A verbatim copy of the data below is the required output.

GIVEN DATA:
::::

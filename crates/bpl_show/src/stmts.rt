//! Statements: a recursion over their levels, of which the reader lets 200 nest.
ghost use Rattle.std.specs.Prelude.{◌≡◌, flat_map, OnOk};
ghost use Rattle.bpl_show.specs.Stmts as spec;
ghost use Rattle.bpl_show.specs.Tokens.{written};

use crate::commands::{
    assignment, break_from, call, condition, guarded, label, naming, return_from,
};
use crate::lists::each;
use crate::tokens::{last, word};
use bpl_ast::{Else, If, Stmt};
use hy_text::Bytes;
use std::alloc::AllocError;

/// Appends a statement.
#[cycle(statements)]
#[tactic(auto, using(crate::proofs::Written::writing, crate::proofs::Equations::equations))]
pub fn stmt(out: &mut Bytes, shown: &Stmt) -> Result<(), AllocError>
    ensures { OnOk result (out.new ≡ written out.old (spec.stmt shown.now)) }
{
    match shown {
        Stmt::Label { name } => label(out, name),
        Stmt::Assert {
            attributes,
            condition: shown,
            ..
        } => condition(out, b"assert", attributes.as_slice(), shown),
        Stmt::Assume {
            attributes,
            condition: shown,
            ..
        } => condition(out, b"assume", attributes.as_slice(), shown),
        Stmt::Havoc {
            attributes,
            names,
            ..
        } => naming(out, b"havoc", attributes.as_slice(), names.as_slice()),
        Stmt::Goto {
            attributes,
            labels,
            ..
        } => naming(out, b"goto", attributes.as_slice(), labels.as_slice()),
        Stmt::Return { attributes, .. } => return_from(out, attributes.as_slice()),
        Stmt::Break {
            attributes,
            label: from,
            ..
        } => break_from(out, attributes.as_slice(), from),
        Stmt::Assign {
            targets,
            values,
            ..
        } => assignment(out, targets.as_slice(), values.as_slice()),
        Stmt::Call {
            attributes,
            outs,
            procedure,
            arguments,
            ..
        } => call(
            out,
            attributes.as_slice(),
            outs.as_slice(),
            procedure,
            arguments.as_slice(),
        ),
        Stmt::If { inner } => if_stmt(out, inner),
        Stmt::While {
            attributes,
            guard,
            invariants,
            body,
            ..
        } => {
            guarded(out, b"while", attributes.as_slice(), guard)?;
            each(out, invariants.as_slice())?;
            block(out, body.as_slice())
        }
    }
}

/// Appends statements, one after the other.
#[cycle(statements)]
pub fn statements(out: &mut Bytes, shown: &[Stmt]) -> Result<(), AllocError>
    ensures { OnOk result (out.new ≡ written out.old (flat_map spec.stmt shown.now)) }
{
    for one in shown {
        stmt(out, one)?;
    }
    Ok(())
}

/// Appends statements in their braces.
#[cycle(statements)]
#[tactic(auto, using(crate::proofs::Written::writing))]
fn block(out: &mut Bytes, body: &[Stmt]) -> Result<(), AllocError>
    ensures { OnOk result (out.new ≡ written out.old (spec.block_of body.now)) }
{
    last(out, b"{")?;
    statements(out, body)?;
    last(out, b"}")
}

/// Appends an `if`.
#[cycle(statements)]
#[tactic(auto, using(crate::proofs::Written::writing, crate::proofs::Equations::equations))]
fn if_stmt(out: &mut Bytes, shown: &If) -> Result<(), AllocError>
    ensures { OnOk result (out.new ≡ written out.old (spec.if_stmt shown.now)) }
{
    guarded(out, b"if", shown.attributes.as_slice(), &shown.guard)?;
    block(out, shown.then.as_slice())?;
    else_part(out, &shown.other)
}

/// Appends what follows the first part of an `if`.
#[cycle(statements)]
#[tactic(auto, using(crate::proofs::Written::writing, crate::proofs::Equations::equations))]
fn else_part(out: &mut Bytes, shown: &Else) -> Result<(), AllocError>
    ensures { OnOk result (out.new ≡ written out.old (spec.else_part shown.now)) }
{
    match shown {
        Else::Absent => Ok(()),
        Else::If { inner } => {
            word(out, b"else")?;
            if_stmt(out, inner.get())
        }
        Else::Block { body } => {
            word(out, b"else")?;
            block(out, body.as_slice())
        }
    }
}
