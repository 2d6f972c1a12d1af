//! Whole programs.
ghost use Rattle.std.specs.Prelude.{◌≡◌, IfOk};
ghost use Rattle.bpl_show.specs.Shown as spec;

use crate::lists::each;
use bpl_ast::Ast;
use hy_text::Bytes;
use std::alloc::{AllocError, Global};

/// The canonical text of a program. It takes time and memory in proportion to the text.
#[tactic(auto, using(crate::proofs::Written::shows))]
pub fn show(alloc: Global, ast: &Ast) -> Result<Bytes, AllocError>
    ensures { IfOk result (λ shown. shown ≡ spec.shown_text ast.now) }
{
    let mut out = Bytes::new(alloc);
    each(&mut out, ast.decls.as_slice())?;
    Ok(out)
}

::::

ANSWER SECTION:
filename crates/bpl_show/src/stmts.rt
//! Statements: a recursion over their levels, of which the reader lets 200 nest.
ghost use Rattle.std.specs.Prelude.{◌≡◌, flat_map, OnOk};
ghost use Rattle.bpl_show.specs.Stmts as spec;
ghost use Rattle.bpl_show.specs.Tokens.{written};

use crate::commands::{
    assignment, break_from, call, condition, guarded, label, naming, return_from,
};
use crate::lists::each;
use crate::tokens::{last, word};
use bpl_ast::{Else, If, Stmt};
use hy_text::Bytes;
use std::alloc::AllocError;

/// Appends a statement.
#[cycle(statements)]
#[tactic(auto, using(crate::proofs::Written::writing, crate::proofs::Equations::equations))]
pub fn stmt(out: &mut Bytes, shown: &Stmt) -> Result<(), AllocError>
    ensures { OnOk result (out.new ≡ written out.old (spec.stmt shown.now)) }
{
    match shown {
        Stmt::Label { name } => label(out, name),
        Stmt::Assert {
            attributes,
            condition: shown,
            ..
        } => condition(out, b"assert", attributes.as_slice(), shown),
        Stmt::Assume {
            attributes,
            condition: shown,
            ..
        } => condition(out, b"assume", attributes.as_slice(), shown),
        Stmt::Havoc {
            attributes,
            names,
            ..
        } => naming(out, b"havoc", attributes.as_slice(), names.as_slice()),
        Stmt::Goto {
            attributes,
            labels,
            ..
        } => naming(out, b"goto", attributes.as_slice(), labels.as_slice()),
        Stmt::Return { attributes, .. } => return_from(out, attributes.as_slice()),
        Stmt::Break {
            attributes,
            label: from,
            ..
        } => break_from(out, attributes.as_slice(), from),
        Stmt::Assign {
            targets,
            values,
            ..
        } => assignment(out, targets.as_slice(), values.as_slice()),
        Stmt::Call {
            attributes,
            outs,
            procedure,
            arguments,
            ..
        } => call(
            out,
            attributes.as_slice(),
            outs.as_slice(),
            procedure,
            arguments.as_slice(),
        ),
        Stmt::If { inner } => if_stmt(out, inner),
        Stmt::While {
            attributes,
            guard,
            invariants,
            body,
            ..
        } => {
            guarded(out, b"while", attributes.as_slice(), guard)?;
            each(out, invariants.as_slice())?;
            block(out, body.as_slice())
        }
    }
}

/// Appends statements, one after the other.
#[cycle(statements)]
pub fn statements(out: &mut Bytes, shown: &[Stmt]) -> Result<(), AllocError>
    ensures { OnOk result (out.new ≡ written out.old (flat_map spec.stmt shown.now)) }
{
    for one in shown {
        stmt(out, one)?;
    }
    Ok(())
}

/// Appends statements in their braces.
#[cycle(statements)]
#[tactic(auto, using(crate::proofs::Written::writing))]
fn block(out: &mut Bytes, body: &[Stmt]) -> Result<(), AllocError>
    ensures { OnOk result (out.new ≡ written out.old (spec.block_of body.now)) }
{
    last(out, b"{")?;
    statements(out, body)?;
    last(out, b"}")
}

/// Appends an `if`.
#[cycle(statements)]
#[tactic(auto, using(crate::proofs::Written::writing, crate::proofs::Equations::equations))]
fn if_stmt(out: &mut Bytes, shown: &If) -> Result<(), AllocError>
    ensures { OnOk result (out.new ≡ written out.old (spec.if_stmt shown.now)) }
{
    guarded(out, b"if", shown.attributes.as_slice(), &shown.guard)?;
    block(out, shown.then.as_slice())?;
    else_part(out, &shown.other)
}

/// Appends what follows the first part of an `if`.
#[cycle(statements)]
#[tactic(auto, using(crate::proofs::Written::writing, crate::proofs::Equations::equations))]
fn else_part(out: &mut Bytes, shown: &Else) -> Result<(), AllocError>
    ensures { OnOk result (out.new ≡ written out.old (spec.else_part shown.now)) }
{
    match shown {
        Else::Absent => Ok(()),
        Else::If { inner } => {
            word(out, b"else")?;
            if_stmt(out, inner.get())
        }
        Else::Block { body } => {
            word(out, b"else")?;
            block(out, body.as_slice())
        }
    }
}
repository 2d6f972c1a12d1af
//! Whole programs.
ghost use Rattle.std.specs.Prelude.{◌≡◌, IfOk};
ghost use Rattle.bpl_show.specs.Shown as spec;

use crate::lists::each;
use bpl_ast::Ast;
use hy_text::Bytes;
use std::alloc::{AllocError, Global};

/// The canonical text of a program. It takes time and memory in proportion to the text.
#[tactic(auto, using(crate::proofs::Written::shows))]
pub fn show(alloc: Global, ast: &Ast) -> Result<Bytes, AllocError>
    ensures { IfOk result (λ shown. shown ≡ spec.shown_text ast.now) }
{
    let mut out = Bytes::new(alloc);
    each(&mut out, ast.decls.as_slice())?;
    Ok(out)
}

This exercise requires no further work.